Output only the stretch of the listing that starts at the line containing "use crate::choices::Choices;" and ends at the line containing "use std::alloc::Global;", reproduced exactly with both ends.

━━━━━━━━━━━━━━━━

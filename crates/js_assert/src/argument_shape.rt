//! The shapes of arguments (JSON Schema Validation, section 6), read into what the tests keep.
ghost use Rattle.std.specs.Prelude.{◌≡◌, IfOk, IfErr, true, pos, map, []};
ghost use Rattle.std.specs.Int.NonZero.{non_zero_u64_get};
ghost use Rattle.std.specs.List.{list_all};
ghost use Rattle.js_doc.specs.Seen.{value_of};
ghost use Rattle.js_doc.specs.Value.{truth, whole, text, list, items};
ghost use Rattle.js_assert.specs.AnyType.{any_type_argument, any_type_keyword};
ghost use Rattle.js_assert.specs.ArgumentShape.{is_boolean, is_number, is_number_above, is_count, is_list};
ghost use Rattle.js_assert.specs.ArgumentShape.{is_list_of_names, is_object_of_names, is_type};
ghost use Rattle.js_assert.specs.ArgumentShape.{are_new_types, are_new_names};
ghost use Rattle.js_assert.specs.Shape.{IsBadUnless, IsFaultOf};
ghost use Rattle.js_assert.specs.Names.{names_value};
ghost use Rattle.js_assert.specs.Dependences.{dependence_of, dependences_value};
ghost use Rattle.js_assert.specs.Types.{type_name};
ghost use Rattle.js_assert.specs.Pattern.{is_pattern};

use crate::any_type::AnyTypeTest;
use crate::choices::Choices;
use crate::fault::KeywordFault;
use crate::instance_type::InstanceType;
use crate::objects::Dependence;
use crate::pattern::{Pattern, PatternFault};
use js_doc::{Doc, Members, Memory, Text, Whole};
use js_keyword::{AnyTypeKeyword, AssertionKeyword, StringKeyword};
use std::alloc::Global;
use std::collections::BTreeSet;
use std::num::NonZeroU64;

pub(crate) fn boolean(argument: &Doc) -> Result<bool, KeywordFault>
    ensures ok { IfOk result (λ b. value_of argument.now ≡ truth b) }
    ensures refused { IfErr result (IsBadUnless (is_boolean (value_of argument.now))) }
{
    match argument {
        Doc::Truth(b) => Ok(*b),
        _ => Err(KeywordFault::BadKeyword),
    }
}

fn number_argument(argument: &Doc) -> Result<Whole, KeywordFault>
    ensures ok { IfOk result (λ z. value_of argument.now ≡ whole z) }
    ensures refused { IfErr result (IsBadUnless (is_number (value_of argument.now))) }
{
    match argument {
        Doc::Whole(number) => Ok(*number),
        _ => Err(KeywordFault::BadKeyword),
    }
}

pub(crate) fn limit(alloc: Global, argument: &Doc) -> Result<Box<Whole>, KeywordFault>
    ensures ok { IfOk result (λ z. value_of argument.now ≡ whole z.value) }
    ensures refused { IfErr result (IsBadUnless (is_number (value_of argument.now))) }
{
    Ok(Box::new(alloc, number_argument(argument)?)?)
}

pub(crate) fn count(argument: &Doc) -> Result<u64, KeywordFault>
    ensures ok { IfOk result (λ n. value_of argument.now ≡ whole (pos n)) }
    ensures refused { IfErr result (IsBadUnless (is_count (value_of argument.now))) }
{
    let Doc::Whole(number) = argument else {
        return Err(KeywordFault::BadKeyword);
    };
    match u64::try_from(number.value()) {
        Ok(count) => Ok(count),
        Err(_) => Err(KeywordFault::BadKeyword),
    }
}

pub(crate) fn divisor(argument: &Doc) -> Result<NonZeroU64, KeywordFault>
    ensures ok { IfOk result (λ n. value_of argument.now ≡ whole (pos (non_zero_u64_get n))) }
    ensures above { IfOk result (λ n. is_number_above (pos 0) (value_of argument.now) ≡ true) }
    ensures refused { IfErr result (IsBadUnless (is_number_above (pos 0) (value_of argument.now))) }
{
    let count = count(argument)?;
    match NonZeroU64::new(count) {
        Some(divisor) => Ok(divisor),
        None => Err(KeywordFault::BadKeyword),
    }
}

pub(crate) fn choices(alloc: Global, argument: &Doc) -> Result<Box<Choices>, KeywordFault>
    ensures ok { IfOk result (λ c. value_of argument.now ≡ list (items c.value)) }
    ensures refused { IfErr result (IsBadUnless (is_list (value_of argument.now))) }
{
    match argument {
        Doc::List(items) => {
            let docs = copies(alloc, items.as_slice())?;
            Ok(Box::new(alloc, Choices::new(alloc, docs)?)?)
        }
        _ => Err(KeywordFault::BadKeyword),
    }
}

fn copies(alloc: Global, docs: &[Doc]) -> Result<Vec<Doc>, Memory>
    ensures { IfOk result (λ v. map value_of v.items ≡ map value_of docs.now) }
{
    let mut copies = Vec::with_capacity(alloc, docs.len())?;
    for doc in docs {
        copies.push_reserved(doc.copy(alloc)?);
    }
    Ok(copies)
}

pub(crate) fn constant(alloc: Global, argument: &Doc) -> Result<Box<Doc>, KeywordFault>
    ensures ok { IfOk result (λ d. value_of argument.now ≡ value_of d.value) }
    ensures refused { IfErr result (λ e. e ≡ KeywordFault.Memory) }
{
    Ok(Box::new(alloc, argument.copy(alloc)?)?)
}

pub(crate) fn pattern_argument(alloc: Global, argument: &Doc) -> Result<Pattern, KeywordFault>
    ensures ok { IfOk result (λ p. value_of argument.now ≡ text p) }
    ensures read { IfOk result (λ p. is_pattern p ≡ true) }
    ensures refused { IfErr result (IsFaultOf (AssertionKeyword.String StringKeyword.Pattern) (value_of argument.now)) }
{
    let Doc::Text(text) = argument else {
        return Err(KeywordFault::BadKeyword);
    };
    match Pattern::new(alloc, text.as_str()) {
        Ok(pattern) => Ok(pattern),
        Err(PatternFault::Memory) => Err(KeywordFault::Memory),
        Err(PatternFault::NotAPattern) => Err(KeywordFault::NotAPattern),
        Err(PatternFault::PatternTooLarge) => Err(KeywordFault::PatternTooLarge),
    }
}

/// The strings of a list without repeats.
pub(crate) fn name_list(alloc: Global, argument: &Doc) -> Result<Vec<Text>, KeywordFault>
    ensures ok { IfOk result (λ v. value_of argument.now ≡ names_value v.items) }
    ensures shape { IfOk result (λ v. is_list_of_names (value_of argument.now) ≡ true) }
    ensures refused { IfErr result (IsBadUnless (is_list_of_names (value_of argument.now))) }
{
    match argument {
        Doc::List(items) => distinct_strings(alloc, items.as_slice()),
        _ => Err(KeywordFault::BadKeyword),
    }
}

fn distinct_strings(alloc: Global, docs: &[Doc]) -> Result<Vec<Text>, KeywordFault>
    ensures ok { IfOk result (λ v. map value_of docs.now ≡ map text v.items) }
    ensures shape { IfOk result (λ v. are_new_names [] (map value_of docs.now) ≡ true) }
    ensures refused { IfErr result (IsBadUnless (are_new_names [] (map value_of docs.now))) }
{
    let mut names = Vec::with_capacity(alloc, docs.len())?;
    let mut seen: BTreeSet<&str> = BTreeSet::new(alloc);
    for doc in docs {
        let Doc::Text(name) = doc else {
            return Err(KeywordFault::BadKeyword);
        };
        if !seen.insert(name.as_str())? {
            return Err(KeywordFault::BadKeyword);
        }
        names.push_reserved(name.copy()?);
    }
    Ok(names)
}

/// A type's name, or a list of such names that is not empty and has no repeats.
pub(crate) fn types(alloc: Global, argument: &Doc) -> Result<AnyTypeTest, KeywordFault>
    ensures same_keyword { IfOk result (λ t. any_type_keyword t ≡ AnyTypeKeyword.Type) }
    ensures ok { IfOk result (λ t. value_of argument.now ≡ any_type_argument t) }
    ensures shape { IfOk result (λ t. is_type (value_of argument.now) ≡ true) }
    ensures refused { IfErr result (IsBadUnless (is_type (value_of argument.now))) }
{
    match argument {
        Doc::Text(name) => match InstanceType::type_named(name.as_str()) {
            Some(one) => Ok(AnyTypeTest::Type(one)),
            None => Err(KeywordFault::BadKeyword),
        },
        Doc::List(items) => {
            if items.is_empty() {
                return Err(KeywordFault::BadKeyword);
            }
            Ok(AnyTypeTest::Types(distinct_types(alloc, items.as_slice())?))
        }
        _ => Err(KeywordFault::BadKeyword),
    }
}

fn distinct_types(alloc: Global, docs: &[Doc]) -> Result<Vec<InstanceType>, KeywordFault>
    ensures ok { IfOk result (λ v. map value_of docs.now ≡ map text (map type_name v.items)) }
    ensures shape { IfOk result (λ v. are_new_types [] (map value_of docs.now) ≡ true) }
    ensures refused { IfErr result (IsBadUnless (are_new_types [] (map value_of docs.now))) }
{
    let mut types = Vec::with_capacity(alloc, docs.len())?;
    for doc in docs {
        let Doc::Text(name) = doc else {
            return Err(KeywordFault::BadKeyword);
        };
        let Some(one) = InstanceType::type_named(name.as_str()) else {
            return Err(KeywordFault::BadKeyword);
        };
        if types.as_slice().contains(&one) {
            return Err(KeywordFault::BadKeyword);
        }
        types.push_reserved(one);
    }
    Ok(types)
}

/// An object whose members are lists of strings without repeats.
pub(crate) fn dependences(alloc: Global, argument: &Doc) -> Result<Vec<Dependence>, KeywordFault>
    ensures ok { IfOk result (λ v. value_of argument.now ≡ dependences_value v.items) }
    ensures shape { IfOk result (λ v. is_object_of_names (value_of argument.now) ≡ true) }
    ensures refused { IfErr result (IsBadUnless (is_object_of_names (value_of argument.now))) }
{
    match argument {
        Doc::Members(members) => dependences_of(alloc, members),
        _ => Err(KeywordFault::BadKeyword),
    }
}

fn dependences_of(alloc: Global, members: &Members) -> Result<Vec<Dependence>, KeywordFault>
    ensures ok { IfOk result (λ v. map dependence_of v.items ≡ members.now) }
    ensures shape { IfOk result (λ v. list_all (λ m. is_list_of_names m.1) members.now ≡ true) }
    ensures refused { IfErr result (IsBadUnless (list_all (λ m. is_list_of_names m.1) members.now)) }
{
    let mut dependences = Vec::with_capacity(alloc, members.len())?;
    for (name, needs) in members.pairs() {
        let needs = name_list(alloc, needs)?;
        let name = name.copy()?;
        dependences.push(Dependence { name, needs })?;
    }
    Ok(dependences)
}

━━━━━━━━━━━━━━━━

- [Answer section]:
use crate::choices::Choices;
use crate::fault::KeywordFault;
use crate::instance_type::InstanceType;
use crate::objects::Dependence;
use crate::pattern::{Pattern, PatternFault};
use js_doc::{Doc, Members, Memory, Text, Whole};
use js_keyword::{AnyTypeKeyword, AssertionKeyword, StringKeyword};
use std::alloc::Global;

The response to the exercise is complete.